[Rcpp-devel] Differences between RcppEigen and RcppArmadillo

Thu Jun 14 18:56:15 CEST 2012

On Thu, Jun 14, 2012 at 4:43 AM, Dirk Eddelbuettel <edd at debian.org> wrote:
> And you should find Eigen to be a little faster. Andreas Alfons went as far
> as building 'robustHD' using RcppArmadillo with a drop-in for RcppEigen
> (in package 'sparseLTSEigen'; both package names from memmory and
> I may have mistyped).  He reported a performance gain of around 25% for
> his problem sets.  On the 'fastLm' benchmark, we find the fast Eigen-based
> decompositions to be much faster than Armadillo.
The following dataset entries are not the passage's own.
ghost use Rattle.std.specs.Prelude.{◌≤◌, ◌<◌, ◌^◌, unwrap_or, pos, ◌≤ℤ◌};
ghost use Rattle.css_outside.specs.Limits.{IsLimit, IsLimit-prop};
ghost use Rattle.css_words.specs.Lines.{least_lines};

use css_address::Address;
use css_num::Text;
use css_outside::Limit;
use css_tsmsg::Bound;

/// Which schedule is to be generated.
#[derive(Clone, Copy, Debug, PartialEq, Eq)]
pub struct GeneratorWords {
    /// The seed: 0 to 2^63 - 1.
    pub seed: u64,
    /// How many lines it has, its header included: 9 to 200,000, and where the companions are told, at least 4 and 6
    /// for each of them.
    pub lines: u64,
    /// How many companions it has: 2 to 16. With `None` it has one, and is of version 1.
    pub companions: Option<u32>,
    pub ghost small_seed: { seed < 2 ^ 63 },
    pub ghost some_lines: { 9 ≤ lines },
    pub ghost few_lines: { lines ≤ 200000 },
    pub ghost some_companions: { 2 ≤ unwrap_or companions 2 },
    pub ghost few_companions: { unwrap_or companions 2 ≤ 16 },
    pub ghost lines_suffice: { least_lines companions ≤ lines },
}

/// What a television is started with.
#[derive(Drop)]
pub struct TvWords {
    /// The port of its wall clock: 1,024 to 65,534. The sessions' port is the next one.
    pub port: u16,
    /// How long it runs: 1 to 1,000,000 turns, or 1 to 31,536,000 seconds.
    pub limit: Limit,
    /// The precision of its wall clock: 2^precision seconds, with an exponent of -128 to 30.
    pub precision: i8,
    /// The greatest frequency error of its wall clock in 1/256 ppm, at most 25,600,000.
    pub error: u32,
    /// Whether its responses promise follow-ups.
    pub follow: bool,
    /// Whether the times of its script count from its first turn.
    pub relative: bool,
    /// The host that companions are told, which is UTF-8.
    pub host: Text,
    pub ghost least_port: { 1024 ≤ port },
    pub ghost most_port: { port ≤ 65534 },
    pub ghost limit_range: { IsLimit limit } by { IsLimit-prop limit },
    pub ghost fine: { precision ≤ℤ pos 30 },
    pub ghost small_error: { error ≤ 25600000 },
}

/// What a companion wants, wherever the television is.
#[derive(Drop)]
pub struct CompanionOptions {
    /// The timeline that it wants, in UTF-8.
    pub selector: Text,
    /// The beginning of the content ids that it wants, in UTF-8; the empty one is that of all.
    pub stem: Text,
    /// How many reports are made: 1 to 1,000,000.
    pub reports: u64,
    /// How long it runs at most: 1 to 1,000,000 turns, or 1 to 31,536,000 seconds.
    pub limit: Limit,
    /// The time between two reports in nanoseconds: 1 to 10^12.
    pub report_every: u64,
    /// The time between two requests of the wall clock in nanoseconds: 1 to 10^12.
    pub ask_every: u64,
    /// The greatest frequency error of its own clock in 1/256 ppm, at most 2,560,000.
    pub local_error: u32,
    /// How far a reading of its own clock may be off, in nanoseconds: at most 10^9.
    pub local_precision: u64,
    /// The earliest and the latest time at which it can present, if it tells them. The earliest is never
    /// `PlusInfinity` and the latest never `MinusInfinity`.
    pub present: Option<(Bound, Bound)>,
    pub ghost some_reports: { 1 ≤ reports },
    pub ghost few_reports: { reports ≤ 1000000 },
    pub ghost limit_range: { IsLimit limit } by { IsLimit-prop limit },
    pub ghost reports_apart: { 1 ≤ report_every },
    pub ghost reports_come: { report_every ≤ 1000000000000 },
    pub ghost requests_apart: { 1 ≤ ask_every },
    pub ghost requests_come: { ask_every ≤ 1000000000000 },
    pub ghost small_error: { local_error ≤ 2560000 },
    pub ghost small_precision: { local_precision ≤ 1000000000 },
}

/// A companion of the television at an address.
#[derive(Drop)]
pub struct CompanionWords {
    /// Where the television's session of CSS-CII is dialled.
    pub cii: Address,
    pub options: CompanionOptions,
    /// Whether it writes the record of its run in the place of its reports. Then the selector is a word, and the stem
    /// is a word other than `-` or empty. A word is one byte or more, each from `!` to `~`.
    pub recorded: bool,
}

/// A companion that stays with the television at an address.
#[derive(Drop)]
pub struct WatchWords {
    /// Where the television's sessions of CSS-CII are dialled, one after the other.
    pub cii: Address,
    /// The timeline that it wants, in UTF-8.
    pub selector: Text,
    /// The beginning of the content ids that it wants, in UTF-8; the empty one is that of all.
    pub stem: Text,
    /// How long it lasts in seconds: 1 to 31,536,000.
    pub seconds: u64,
    /// The time between two reports in nanoseconds: 1 to 10^12.
    pub report_every: u64,
    /// The time between two requests of the wall clock in nanoseconds: 1 to 10^12.
    pub ask_every: u64,
    /// The greatest frequency error of its own clock in 1/256 ppm, at most 2,560,000.
    pub local_error: u32,
    /// How far a reading of its own clock may be off, in nanoseconds: at most 10^9.
    pub local_precision: u64,
    pub ghost some_seconds: { 1 ≤ seconds },
    pub ghost few_seconds: { seconds ≤ 31536000 },
    pub ghost reports_apart: { 1 ≤ report_every },
    pub ghost reports_come: { report_every ≤ 1000000000000 },
    pub ghost requests_apart: { 1 ≤ ask_every },
    pub ghost requests_come: { ask_every ≤ 1000000000000 },
    pub ghost small_error: { local_error ≤ 2560000 },
    pub ghost small_precision: { local_precision ≤ 1000000000 },
}

/// A television and a companion of it. The companion's limit is the television's too.
#[derive(Drop)]
pub struct PairWords {
    pub companion: CompanionOptions,
    pub tv: TvWords,
}

/// A relay of the television at an address.
#[derive(Drop)]
pub struct RelayWords {
    /// Where the television's session of CSS-CII is dialled.
    pub cii: Address,
    /// The port of its own wall clock and sessions: 1,024 to 65,534.
    pub port: u16,
    /// How long it runs: 1 to 1,000,000 turns, or 1 to 31,536,000 seconds.
    pub limit: Limit,
    /// The time between two requests of the television's wall clock in nanoseconds: 1 to 10^12.
    pub ask_every: u64,
    /// The greatest frequency error of its own clock in 1/256 ppm, at most 2,560,000.
    pub local_error: u32,
    /// How far a reading of its own clock may be off, in nanoseconds: at most 10^9.
    pub local_precision: u64,
    /// The host that companions are told, which is UTF-8.
    pub host: Text,
    pub ghost least_port: { 1024 ≤ port },
    pub ghost most_port: { port ≤ 65534 },
    pub ghost limit_range: { IsLimit limit } by { IsLimit-prop limit },
    pub ghost requests_apart: { 1 ≤ ask_every },
    pub ghost requests_come: { ask_every ≤ 1000000000000 },
    pub ghost small_error: { local_error ≤ 2560000 },
    pub ghost small_precision: { local_precision ≤ 1000000000 },
}

/// What numbers a relay is started with.
#[derive(Clone, Copy)]
pub(crate) struct RelayNumbers {
    pub(crate) port: u16,
    pub(crate) limit: Limit,
    pub(crate) ask_every: u64,
    pub(crate) local_error: u32,
    pub(crate) local_precision: u64,
    pub(crate) ghost least_port: { 1024 ≤ port },
    pub(crate) ghost most_port: { port ≤ 65534 },
    pub(crate) ghost limit_range: { IsLimit limit } by { IsLimit-prop limit },
    pub(crate) ghost requests_apart: { 1 ≤ ask_every },
    pub(crate) ghost requests_come: { ask_every ≤ 1000000000000 },
    pub(crate) ghost small_error: { local_error ≤ 2560000 },
    pub(crate) ghost small_precision: { local_precision ≤ 1000000000 },
}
This is a mis-conception that needs to be addressed.  For equivalent
functionality, Armadillo is not necessarily any slower than Eigen,
given suitable Lapack and/or Blas libraries are used (such as Intel's
MKL or AMD's ACML, or even the open-source Atlas or OpenBlas in many
cases).  Standard Lapack and Blas are just that: a "better than
nothing" baseline implementation in terms of performance.

Armadillo doesn't reimplement Lapack and it doesn't reimplement any
decompositions -- it uses Lapack.  (**This is a very important point,
which I elaborate on below**).  As such, the speed of Armadillo for
matrix decompositions is directly dependant on the particular
implementation of Lapack that's installed on the user's machine.

I've seen some ridiculous speed differences between standard Lapack
and MKL.  The latter not only has CPU-specific optimisations (eg.
using the latest AVX extensions), but can also do multi-threading.

Simply installing ATLAS (which provides speed-ups for several Lapack
functions) on Debian/Ubuntu systems can already make a big difference.
 (Debian & Ubuntu use a trick to redirect Lapack and Blas calls to
ATLAS).  Under Mac OS X, the Accelerate framework provides fast
implementations of Lapack and Blas functions (eg. using
multi-threading).

I've taken the modular approach to Armadillo (ie. using Lapack rather
than reimplementing decompositions), as it specifically allows other
specialist parties (such as Intel) to provide Lapack that is highly
optimised for particular architectures.  I myself would not be able to
keep up with the specific optimisations required for each CPU.  This
also "future-proofs" Armadillo for each new CPU generation.

More importantly, numerically stable implementation of computational
decompositions/factorisations is notoriously difficult to get right.
The core algorithms in Lapack have been evolving for the past 20+
years, being exposed to a bazillion corner-cases.  Lapack itself is
related to Linpack and Eispack, which are even older.  I've been
exposed to software development long enough to know that in the end
only time can shake out all the bugs.  As such, using Lapack is far
less risky than reimplementing decompositions from scratch.  A
"home-made" matrix decomposition might be a bit faster on a particular
CPU, but you have far less knowledge as to when it's going to blow up
in your face.

High-performance variants of Lapack, such as MKL, take an existing
proven implementation of a decomposition algorithm and recode parts of
it in assembly, and/or parallelise other parts.